**** Information ****

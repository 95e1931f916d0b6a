ghost use Rattle.std.specs.Prelude.{◌≡◌, ◌≤◌};
ghost use Rattle.stock.specs.Count.{count, counted, count_arithmetic};
ghost use Rattle.stock.specs.SameCount.{count_fits, count_back, count_value};

use crate::count::Count;
use crate::fault::StockFault;
use crate::value::Stock;

pub const MAX: u32 = 999_999;

#[tactic(auto, using(crate::specs::SameCount::counted_is))]
fn count_of(value: u32) -> Count
    requires { value ≤ 999999 }
    ensures { result ≡ counted value }
{
    Count { value }
}

impl Count {
    pub fn new(value: u32) -> Option<Count>
        ensures { result ≡ count value }
    {
        if value <= MAX {
            Some(count_of(value))
        } else {
            None
        }
    }

    pub fn value(self) -> u32
        ensures { result ≡ self.value }
    {
        self.value
    }
}

impl Stock for Count {
    ghost arithmetic = { count_arithmetic };

    ghost codes = { λ c. c.value };

    ghost decodes = { count };

    ghost fits = { count_fits };

    ghost back = { count_back };

    ghost sole = { count_value };

    fn draw(self, given: Count) -> Result<Count, StockFault> {
        if given.value <= self.value {
            Ok(count_of(self.value - given.value))
        } else {
            Err(StockFault::Short)
        }
    }

    fn stow(self, given: Count) -> Result<Count, StockFault> {
        if self.value + given.value <= MAX {
            Ok(count_of(self.value + given.value))
        } else {
            Err(StockFault::Over)
        }
    }

    fn code(self) -> u64 {
        u64::from(self.value)
    }

    fn decode(code: u64) -> Option<Count> {
        // A test and a cast: by `u32::try_from` loading a file of counts took four times as long.
        if code <= u64::from(MAX) {
            Count::new(code as u32)
        } else {
            None
        }
    }
}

****

What you should do: Up to and including the line with "fn count_of(value: u32) -> Count", print every line of the records from the start.

Problem solution:
repository 95e1931f916d0b6a
ghost use Rattle.std.specs.Prelude.{◌≡◌, ◌≤◌};
ghost use Rattle.stock.specs.Count.{count, counted, count_arithmetic};
ghost use Rattle.stock.specs.SameCount.{count_fits, count_back, count_value};

use crate::count::Count;
use crate::fault::StockFault;
use crate::value::Stock;

pub const MAX: u32 = 999_999;

#[tactic(auto, using(crate::specs::SameCount::counted_is))]
fn count_of(value: u32) -> Count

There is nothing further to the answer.